The Light of Paris(24)
“Huh. Well, if anyone could tell you in a polite way that you’re ruining the neighborhood, it would be my mother.”
“So I’ll extend the invitation to you instead. You should come to dinner sometime. My treat.”
“That’s a very kind offer,” I said politely, but my stomach, hearing the suggestion of food, growled again quite rudely.
“You should get back to your strawberries,” he said, nodding at my impromptu basket.
“You should get back to your lurking.”
“Can’t lurk all day if you don’t start in the morning,” he said, with such genuine cheerfulness that I couldn’t help but laugh. “Nice to meet you, Madeleine.”
“Likewise.”
Trying to keep from exposing myself in my flimsy boxer shorts, I took a few steps backward, the earth yielding gently beneath me. How long had it been since I had felt the ground beneath my bare feet? It was delicious and made me feel oddly like weeping. When Henry went back to his work, I turned and began to walk toward the house, looking up at its sprawl, the empty windows winking back at me in the sun.
It had always been my destiny to have a big house like this, filled with antiques and enough furniture for dinner parties and enough lawn space to host a fundraiser. It was what everyone I had gone to school with was doing; my mother sent me casually remonstrative pages from the Magnolia Providence-Journal and Magnolia Style, in which the girls I had once known, now women, were photographed hosting luncheons at their home with distinguished guests.
But I didn’t want a house like this. I felt lost in our condo, which was not even a quarter as big, and still more than we required. I dreaded the day Phillip would announce we were going to move to the suburbs and I would have to hire a housekeeper and a gardener, a pool service. I far preferred a life I didn’t need assistance to maintain.
I finished eating the strawberries and tossed the hulls in an oversized planter by the French doors leading into the living room. Inside, the house was still. “Mother?” I called.
“Good, you’re awake.” My mother came bustling into the kitchen, carrying her purse and a stack of papers. Of course, I was still in my pajamas with sleep in my eyes and my hair standing on end, while my mother, who had probably been up since five, had her hair and makeup perfectly done and was armored in a pair of charcoal-gray slacks, a lavender cardigan, and a scarf knotted neatly around her neck like an air hostess.
“Sentient, even.”
Unlike Henry, my mother was practiced at ignoring my wit. “You should get dressed. I’ve got to run some errands and drop these papers off before lunch.”
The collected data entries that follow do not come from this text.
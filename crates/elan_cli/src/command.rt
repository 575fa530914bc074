//! The command by which `clap` reads words that are not refused.

ghost use Rattle.std.specs.Prelude.{◌≡◌, [], IfOk, None, codes, false};
ghost use Rattle.clap.specs.Words.{app_of, first_value, found_of, rule_of};
ghost use Rattle.elan_cli.specs.Command as spec;
ghost use Rattle.elan_cli.specs.Line.{first_mistake, value_of};
ghost use Rattle.elan_cli.specs.Settings.{name_of};
ghost use Rattle.elan_cli.specs.Words.{texts};
ghost use Rattle.elan_cli.specs.declared.setting.Setting.{Setting as SettingValue};

use clap::error::ErrorKind;
use clap::{Arg, ArgAction, ArgMatches, Command};
use elan_text::NoMemory;
use std::alloc::{AllocError, Global};

/// An option with one value.
fn option<'a>(alloc: Global, name: &'a str) -> Arg<'a>
    ensures rule { rule_of result ≡ spec.option_rule name.entry.now }
    ensures own { result.global ≡ false }
{
    Arg::new(alloc, name).long(name).action(ArgAction::Set)
}

/// The flag.
fn flag<'a>(alloc: Global) -> Arg<'a>
    ensures rule { rule_of result ≡ spec.flag_rule }
    ensures own { result.global ≡ false }
{
    Arg::new(alloc, "plain")
        .long("plain")
        .action(ArgAction::SetTrue)
}

/// A command without options, whose first word is no program's name.
fn bare<'a>(alloc: Global) -> Command<'a>
    ensures { app_of result ≡ spec.bare_app }
{
    Command::new(alloc, "elan").no_binary_name(true)
}

/// The command with its four options and the flag.
fn elan<'a>(alloc: Global) -> Result<Command<'a>, NoMemory>
    ensures { IfOk result (λ c. app_of c ≡ spec.elan) }
{
    let command = bare(alloc).arg(option(alloc, "workers"))?;
    let command = command.arg(option(alloc, "limit"))?;
    let command = command.arg(option(alloc, "steps"))?;
    let command = command.arg(option(alloc, "demo"))?;
    let command = command.arg(flag(alloc))?;
    Ok(command)
}

/// What the words say, as the command reads them. They are not refused, so it takes them.
pub(crate) fn matches<'a>(
    alloc: Global,
    plain: bool,
    words: &'a [String],
) -> Result<ArgMatches<'a>, NoMemory>
    requires { first_mistake plain [] (texts words.now) ≡ None }
    ensures { IfOk result (λ m. (s : SettingValue)
        → first_value (found_of m) (name_of s) ≡ value_of s (texts words.entry.now)) }
{
    let command = elan(alloc)?;
    match command.try_get_matches_from(words) {
        Ok(matches) => Ok(matches),
        Err(error) => match error.kind() {
            ErrorKind::OutOfMemory => Err(AllocError),
            _ => unreachable!(),
        },
    }
}
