//! The generated input.

ghost use Rattle.std.specs.Prelude.{◌≡◌, ◌+◌, ◌++◌, decimal, IfOk, OnOk};
ghost use Rattle.elan_demo.specs.Demo as spec;

use elan_text::NoMemory;
use itoa::Buffer;
use std::alloc::Global;

/// A program, a start strategy and a query whose list has `n * n` results.
///
/// The program has `n` rules with the same label, each of which adds another sum to a number; the start strategy applies
/// the label twice. Without `n`, that is for 0, it has no such rule, and the label of the start strategy is unknown.
pub fn demo_input(alloc: Global, n: u32) -> Result<Vec<u8>, NoMemory>
    ensures { IfOk result (λ text. text.items ≡ spec.demo_input n) }
{
    let mut text = Vec::new(alloc);
    text.extend_from_slice(opening())?;
    rules_onto(&mut text, n)?;
    text.extend_from_slice(closing())?;
    Ok(text)
}

/// The lines in front of the rules that are counted.
#[tactic(auto, unfolding(crate::specs::Demo::opening))]
fn opening() -> &'static [u8]
    ensures { result.now ≡ spec.opening }
{
    b"module demo\nimport global int; end\noperators global\nsum(@) : (int) int;\nend\nrules for int\nn : int;\nglobal\n[] sum(0) => 0 end\n[] sum(n) => n + sum(n - 1) if n > 0 end\n"
}

/// The lines behind them.
#[tactic(auto, unfolding(crate::specs::Demo::closing))]
fn closing() -> &'static [u8]
    ensures { result.now ≡ spec.closing }
{
    b"end\nend\nLPL demo description\nquery of sort int\nresult of sort int\nimport demo\nstart with (r;r) query\nend\n0 end\n"
}

/// Puts the rules for the numbers from 1 to `n` behind what is there.
fn rules_onto(text: &mut Vec<u8>, n: u32) -> Result<(), NoMemory>
    ensures { OnOk result (text.new.items ≡ text.old.items ++ spec.rules 1 n) }
{
    let mut left = n;
    'rules: while left > 0 {
        rule_onto(text, n - left + 1)?;
        left -= 1;
    }
    Ok(())
}

/// Puts the rule for a number behind what is there.
#[tactic(auto, unfolding(crate::specs::Demo::rule))]
fn rule_onto(text: &mut Vec<u8>, k: u32) -> Result<(), NoMemory>
    ensures { OnOk result (text.new.items ≡ text.old.items ++ spec.rule k) }
{
    let mut buffer = Buffer::new();
    text.extend_from_slice(b"[r] n => n + sum(")?;
    text.extend_from_slice(buffer.format(k).as_bytes())?;
    text.extend_from_slice(b") end\n")
}
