//! The generated input, whose list grows with the square of a number, and the summary of a report.
#![tactic(auto)]

mod counts;
mod input;
mod size;

pub use counts::{summary, summary_text};
pub use input::demo_input;
pub use size::Summary;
I braced slightly. “What lunch? I haven’t even eaten breakfast.”
“Well, you’ll be eating lunch soon, so don’t worry about it.”
“No, I mean, where are we eating lunch?”
“There’s a speaker at the Ladies Association. You can see all your old friends—Ashley Hathaway is introducing—I don’t know why you never make the effort to see those girls when you’re in town.”
Ashley and I had gone to Country Day together every year since pre-kindergarten, and for every single one of those years, she had been both my friend and my nemesis. She was the daughter my mother would have preferred, and the girl I would rather have been. She was delicate and petite, with smooth blond hair as perfect in humid July as in damp December. At our debut, she’d been escorted by a third cousin of some sort, who happened to be a supporting actor on a television drama. While I can’t recall her ever being mean to me, exactly, there was something about being around her that felt like sucking on a copper penny.
“What if I don’t want to go?” I asked.
“That’s not an option,” she said.
I pictured the luncheon at the Ladies Association. I pictured the clothing I didn’t want to wear and the people I didn’t want to say hello to. They would ask how I had been and wonder where my handsome husband was, and I’d spend yet another meal wishing I were eating a hamburger instead of pretending I was too full for a salad.
But my mother’s expression made it clear I was going. “Fine,” I said. What I really wanted to do was eat strawberry jam straight out of the jar without even closing the refrigerator door, and then get back into bed and read some more of my grandmother’s journals, but clearly that was not going to happen.
“It starts at eleven. You should get your skates on.”
“Sure.” I took the card and headed upstairs.
“And don’t forget to comb your hair,” my mother called after me. I rolled my eyes.
Yes, my mother was hypercritical, but I was an endless disappointment to her. She had wanted a specific kind of daughter, pretty and petite and soft-spoken, someone to shop with, to show off at Ladies Association meetings. And I had failed her on every front. When I had looked at the girls across the cotillion tables, girls my mother would have chosen over me a thousand times, my heart had ached to be one of them. And, to be completely honest, it still did. If you had told me I had three wishes, I would have spent them all turning into the woman my mother wanted me to be. The woman Phillip had thought he was marrying. Maybe then we would all be happier.
Upstairs, I flipped through everything I had brought, wondering what I had been thinking when I was packing. Finally I settled on a light wool dress in soft rose pink. I had a gray cardigan to cover the cap sleeves, and a pair of pearl earrings, and though the outfit was a little warm for the day, I thought I looked appropriately costumed, as though I might actually belong.